Setelah menempuh perjalanan yang lumayan jauh, aku akhirnya tiba ditempat yang telah ditentukan. Di sebuah ruko penjual aksesoris. Mataku sudah seperti kamera yang fokus terhadap satu objek. Dan tak lain adalah wanita yang sedari tadi menungguku untuk bertemu pertama kalinya. Tapi bola mataku tidak menemukan tanda-tanda keberadaan objek yang tertanam dalam otakku. Benakku gamang memperhatikan beberapa manusia yang berteduh karna takut melawan hujan. Lebih tepatnya takut basah. Aku tidak. Basah itu adalah pilihan. Sebuah pilihan pengorbanan. Berkorban demi seorang wanita. Seperti seorang ksatria romawi pada tahun 47 SM Julius Caesar  dengan kalimat Veni Vidi Vici yang artinya Aku datang, Aku lihat, Aku pulang. Pulang dengan hadiah kebahagiaan. 

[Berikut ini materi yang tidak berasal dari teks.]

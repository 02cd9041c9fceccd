//! The lines of a listing that answer items, and those of faults.
ghost use Rattle.std.specs.Prelude.{◌≡◌, ◌++◌, codes, IfOk, OnOk};
ghost use Rattle.std.specs.Fmt.{decimal};
ghost use Rattle.ebcdic_names.specs.Names.{shown};
ghost use Rattle.util_syntax.specs.Lines.{card_number, next_word};
ghost use Rattle.util_syntax.specs.Listing.{object_text, outcome_text, item_line, syntax_words, syntax_line, named_line, jcl_line};

use crate::lines::{push_card, push_shown, push_word};
use crate::operands::SynErr;
use ebcdic_names::{Dsn, Name8, Serial};
use itoa::Buffer;
use std::alloc::{AllocError, Global};
use vol_model::{Line, Refusal};

/// What the line of an item names.
#[derive(Clone, Copy, Debug, PartialEq, Eq)]
pub enum Object {
    /// A data set, or a node of a catalog by its names joined by periods.
    Name(Dsn),
    /// A member of a partitioned set, printed as `set(member)`.
    Member {
        /// The set.
        set: Dsn,
        /// The member.
        name: Name8,
    },
    /// A volume by its serial.
    Volume(Serial),
}

/// What became of an item, in this project's profile.
#[derive(Clone, Copy, Debug, PartialEq, Eq)]
pub enum Outcome {
    /// It was done: `OK`.
    Done,
    /// An operation was refused: the refusal in capitals with hyphens, without its numbers.
    Refused(Refusal),
    /// The data set is unexpired: `EXPIRES`.
    Expires,
    /// The attributes of a data set don't fit: `DCB`.
    Dcb,
    /// Input and output are one data set: `SAME-SET`.
    SameSet,
    /// A place that a directory entry carries isn't in the member: `BAD-TTR`.
    BadTtr,
    /// A record breaks the format of its set: `BAD-RECORD`.
    BadRecord,
    /// Sequence numbers don't rise: `SEQ-ORDER`.
    SeqOrder,
}

impl Outcome {
    /// Its words in a listing.
    #[tactic(auto, unfolding(crate::specs::Listing::outcome_text))]
    pub fn words(self) -> &'static str
        ensures { result.now ≡ outcome_text self }
    {
        match self {
            Outcome::Done => "OK",
            Outcome::Refused(refusal) => refusal.words(),
            Outcome::Expires => "EXPIRES",
            Outcome::Dcb => "DCB",
            Outcome::SameSet => "SAME-SET",
            Outcome::BadTtr => "BAD-TTR",
            Outcome::BadRecord => "BAD-RECORD",
            Outcome::SeqOrder => "SEQ-ORDER",
        }
    }
}

// Adds what a line names, after a blank.
#[tactic(auto, unfolding(crate::specs::Listing::object_text))]
fn push_object(line: &mut Vec<u8>, object: &Object) -> Result<(), AllocError>
    ensures { OnOk result (line.new.items ≡ line.old.items ++ next_word (object_text object.now)) }
{
    line.push(b' ')?;
    match object {
        Object::Name(name) => push_shown(line, &name.bytes),
        Object::Member { set, name } => push_member(line, set, name),
        Object::Volume(serial) => push_shown(line, &serial.bytes),
    }
}

// Adds a set and its member.
fn push_member(line: &mut Vec<u8>, set: &Dsn, name: &Name8) -> Result<(), AllocError>
    ensures { OnOk result (line.new.items
        ≡ line.old.items ++ shown set.now.bytes ++ codes "(" ++ shown name.now.bytes ++ codes ")") }
{
    push_shown(line, &set.bytes)?;
    line.push(b'(')?;
    push_shown(line, &name.bytes)?;
    line.push(b')')?;
    Ok(())
}

/// The line of an item: the card on which it begins, its operation, what it names, and what became of it, parted by
/// one blank.
///
/// The card counts from 1, and its number has five digits, with zeros in front, and more only where it needs them. The
/// operation is a word in ASCII, without blanks. Names stand without the blanks after them. The one error is want of
/// memory.
#[tactic(auto, unfolding(crate::specs::Listing::item_line))]
pub fn item_line(
    alloc: Global,
    card: u32,
    operation: &str,
    object: &Object,
    outcome: Outcome,
) -> Result<Line, AllocError>
    ensures { IfOk result (λ line. line ≡ item_line card operation.now object.now outcome) }
{
    let mut line = Vec::new(alloc);
    push_card(&mut line, card)?;
    push_word(&mut line, operation.as_bytes())?;
    push_object(&mut line, object)?;
    push_word(&mut line, outcome.words().as_bytes())?;
    Line::ended(line)
}

impl SynErr {
    /// Its words in a listing: its name in capitals with hyphens.
    #[tactic(auto, unfolding(crate::specs::Listing::syntax_words))]
    pub fn words(self) -> &'static str
        ensures { result.now ≡ syntax_words self }
    {
        match self {
            SynErr::NoOperation => "NO-OPERATION",
            SynErr::BadOperand => "BAD-OPERAND",
            SynErr::Unbalanced => "UNBALANCED",
            SynErr::ContinuationMissing => "CONTINUATION-MISSING",
        }
    }
}

/// The line of a fault of a statement: `ccccc SYNTAX kind`, by the card on which the fault stands.
///
/// The one error is want of memory.
#[tactic(auto, unfolding(crate::specs::Listing::syntax_line))]
pub fn syntax_line(alloc: Global, card: u32, kind: SynErr) -> Result<Line, AllocError>
    ensures { IfOk result (λ line. line ≡ syntax_line card kind) }
{
    let mut line = Vec::new(alloc);
    push_card(&mut line, card)?;
    push_word(&mut line, b"SYNTAX".as_slice())?;
    push_word(&mut line, kind.words().as_bytes())?;
    Line::ended(line)
}

// The line of a card, a word and a name.
#[tactic(auto, unfolding(crate::specs::Listing::named_line))]
fn named_line(alloc: Global, card: u32, word: &str, name: &Name8) -> Result<Line, AllocError>
    ensures { IfOk result (λ line. line ≡ named_line card word.now name.now) }
{
    let mut line = Vec::new(alloc);
    push_card(&mut line, card)?;
    push_word(&mut line, word.as_bytes())?;
    line.push(b' ')?;
    push_shown(&mut line, &name.bytes)?;
    Line::ended(line)
}

/// The line of a step that lacks a DD: `ccccc NO-DD ddname`, by the step's EXEC card.
///
/// The one error is want of memory.
pub fn no_dd_line(alloc: Global, card: u32, name: &Name8) -> Result<Line, AllocError>
    ensures { IfOk result (λ line. line ≡ named_line card (codes "NO-DD") name.now) }
{
    named_line(alloc, card, "NO-DD", name)
}

/// The line of a step whose program isn't known: `ccccc NO-PROGRAM pgm`, by the step's EXEC card.
///
/// The one error is want of memory.
pub fn no_program_line(alloc: Global, card: u32, name: &Name8) -> Result<Line, AllocError>
    ensures { IfOk result (λ line. line ≡ named_line card (codes "NO-PROGRAM") name.now) }
{
    named_line(alloc, card, "NO-PROGRAM", name)
}

// Adds a number in decimal after a blank.
fn push_number(line: &mut Vec<u8>, number: u8) -> Result<(), AllocError>
    ensures { OnOk result (line.new.items ≡ line.old.items ++ next_word (decimal number)) }
{
    let mut buffer = Buffer::new();
    let digits = buffer.format(number);
    push_word(line, digits.as_bytes())
}

/// The line of a fault of a job: `ccccc column JCL kind`, by the card and the column of the fault.
///
/// The kind is a word in ASCII, without blanks. The one error is want of memory.
#[tactic(auto, unfolding(crate::specs::Listing::jcl_line))]
pub fn jcl_line(alloc: Global, card: u32, column: u8, kind: &str) -> Result<Line, AllocError>
    ensures { IfOk result (λ line. line ≡ jcl_line card column kind.now) }
{
    let mut line = Vec::new(alloc);
    push_card(&mut line, card)?;
    push_number(&mut line, column)?;
    push_word(&mut line, b"JCL".as_slice())?;
    push_word(&mut line, kind.as_bytes())?;
    Line::ended(line)
}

Kotak pintar berdering. Aku yakin itu adalah pesan darinya. Kubuka dengan tangan yang bergetar karna kedinginan. Aku kecewa dengan pesan yang berisi sekuel kalimat tak menyenangkan. Tak lama kemudian sosok wanita yang tak kukenal menghampiriku. Dia mengagetkan lamunan kekecewaanku. Wanita ini asing bagiku. Wanita berambut panjang sebahu itu menebarkan senyum manis dengan gigi yang berbaris rapi. Kulitnya putih kontras dengan t-shirt putih berpadu dengan celana jeans biru muda yang ia kenakan. Akupun ikut tersenyum. Aku seperti dihipnotis olehnya. Kemudian menyodorkan tangan dan berkata “aku Widia teman rani”. Aku mengernyitkan kening. “Rani mana?” Dia kembali tersenyum. Ini bukanlah jawaban yang kuharapkan. Dia kemudian memberikan sebuah bingkisan yang entah apa isinya. Bingkisan yang berwarna merah bertuliskan R-CAKE. Beberapa saat setelah kuterima bingkisan tersebut dia pergi tanpa sepatah katapun. Aku semakin bingung. Apa maksud dan tujuan Rani membuat sebuah bingkisan yang dibawa oleh wanita asing tadi?

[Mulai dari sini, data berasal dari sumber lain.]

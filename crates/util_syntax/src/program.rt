//! Programs that read statements from SYSIN.
ghost use Rattle.std.specs.Prelude.{◌≡◌, ◌≤◌, map, option_map, IfOk};
ghost use Rattle.std.specs.Map.{lookup};
ghost use Rattle.util_syntax.specs.Items.{item_view};
ghost use Rattle.util_syntax.specs.Program.{bad_operand, outcome_code, outcome_of, statements_in, sysin};
ghost use Rattle.util_syntax.specs.Step.{same_name};

use crate::items::{Item, statements};
use crate::listing::Outcome;
use crate::operands::SynErr;
use crate::step::{DdIn, StepIn};
use ebcdic_names::Name8;
use std::alloc::{AllocError, Global};

/// SYSIN, the name of the DD that has a program's statements, in EBCDIC.
pub const SYSIN: Name8 = Name8 {
    bytes: [0xE2, 0xE8, 0xE2, 0xC9, 0xD5, 0x40, 0x40, 0x40],
};

/// The statements of a step, or their faults: those on the cards of SYSIN, and none where SYSIN is DUMMY.
///
/// `None` where SYSIN is missing, or is neither. The one error is want of memory.
pub fn sysin_statements(alloc: Global, step: &StepIn) -> Result<Option<Vec<Item>>, AllocError>
    ensures { IfOk result (λ found. option_map (λ v. map item_view v.items) found
        ≡ statements_in (lookup (same_name sysin) step.now.dds)) }
{
    match step.dds.get(&SYSIN) {
        Some(DdIn::Dummy) => Ok(Some(Vec::new(alloc))),
        Some(DdIn::Cards(cards)) => Ok(Some(statements(alloc, cards.as_slice())?)),
        _ => Ok(None),
    }
}

/// The fault of a statement, with the card on which it stands.
#[derive(Clone, Copy, Debug, PartialEq, Eq)]
pub struct StatementFault {
    /// The number of the card.
    pub card: u32,
    /// The kind of the fault.
    pub kind: SynErr,
}

/// The fault of a statement that has no place, or not the form of its operation.
pub fn bad_operand(card: u32) -> StatementFault
    ensures { result ≡ bad_operand card }
{
    StatementFault {
        card,
        kind: SynErr::BadOperand,
    }
}

impl Outcome {
    /// The outcome of steps that were done, or of which one was not.
    pub fn of(answer: Result<(), Outcome>) -> Outcome
        ensures { result ≡ outcome_of answer }
    {
        match answer {
            Ok(()) => Outcome::Done,
            Err(outcome) => outcome,
        }
    }

    /// The condition code that goes with it, unless the program has another.
    pub fn code(self) -> u8
        ensures code { result ≡ outcome_code self }
        ensures small { result ≤ 12 }
    {
        match self {
            Outcome::Done => 0,
            Outcome::BadRecord | Outcome::SeqOrder => 12,
            _ => 8,
        }
    }
}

Aku memutuskan untuk pulang tanpa hadiah kebahagiaan melainkan sebuah bingkisan kebingungan. Hujan yang dari tadi sudah reda mengantarku pulang dengan raut muka kecewa. Hingga akhirnya aku tiba dalam kamar kost sederhana dihiasi beberapa poster musisi besar dunia. Rasa penasaran terhadap bingkisan itu muncul dalam benakku. Kuberanikan diri untuk mencoba membuka bingkisan sialan yang seharusnya aku buang saja ditengah jalan. Hingga hancur terinjak oleh kendaraan yang berlalu-lalang. Ini bukanlah sebuah kekesalan. Tapi lebih dari itu. Aku membuka secara perlahan. Aku tak percaya pada apa yang kulihat. Aku tercekat tak bergerak melihat isi bingkisan itu. Sepotong kue yang bertuliskan I’m not the piece of cake  yang artinya “aku bukanlah sepotong kue”. Wanita yang bernama Rani memang baru kukenal. Lima hari yang lalu di sebuah sosial media. Aku berkenalan dengannya. Dan setelah apa yang terjadi hari ini.  

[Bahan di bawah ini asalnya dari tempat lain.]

//! The directory of a partitioned data set, as it was read.
ghost use Rattle.std.specs.Prelude.{◌≡◌, IfOk};
ghost use Rattle.pds_directory.specs.Directories.{IsLawfulDir};
ghost use Rattle.mount_repair.specs.LibraryProps.{IsLawfulLibrary, library_props};

use pds_directory::{Dir, DirEntry};
use sorted_chain::kept;
use std::alloc::{AllocError, Global};

/// The directory of the partitioned data set that begins on a track.
#[derive(Drop)]
pub struct Library {
    /// The track of the volume, from 0.
    pub start: u16,
    /// The directory.
    pub dir: Dir,
    /// Its entries that count, in the order of their names.
    pub entries: Vec<DirEntry>,
    pub ghost lawful: { IsLawfulLibrary dir entries.items } by { Prim.hlevel library_props },
}

/// The library of a directory that was read, of a data set that begins on this track. Fails only for want of memory.
pub fn library_of(alloc: Global, dir: Dir, start: u16) -> Result<Library, AllocError>
    requires { IsLawfulDir dir }
    ensures { IfOk result (λ l. (l.dir ≡ dir) × (l.start ≡ start)) }
{
    let entries = kept(alloc, &dir.blocks)?;
    Ok(Library {
        start,
        dir,
        entries,
    })
}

Aku mulai menyadari bahwa menghargai sebuah proses adalah sebuah tabungan waktu yang sangat berharga melebihi permata di dunia. Tabungan waktu itulah yang akan menjadi modal tak ternilai atas apa yang  telah kita perjuangkan dan korbankan. Pengorbanan melawan hujan serta ambisi dan afeksi yang berlebihan tak lebih dari sepotong kue (piece of cake). Dunia paralel bukanlah dunia yang kita harapkan untuk bisa mewujudkan kehidupan yang lebih baik. Dunia ilusi yang bersifat klise. Sadar atau tidak kita akan kehilangan identitas yang melekat pada diri dan menggantinya dengan identitas baru.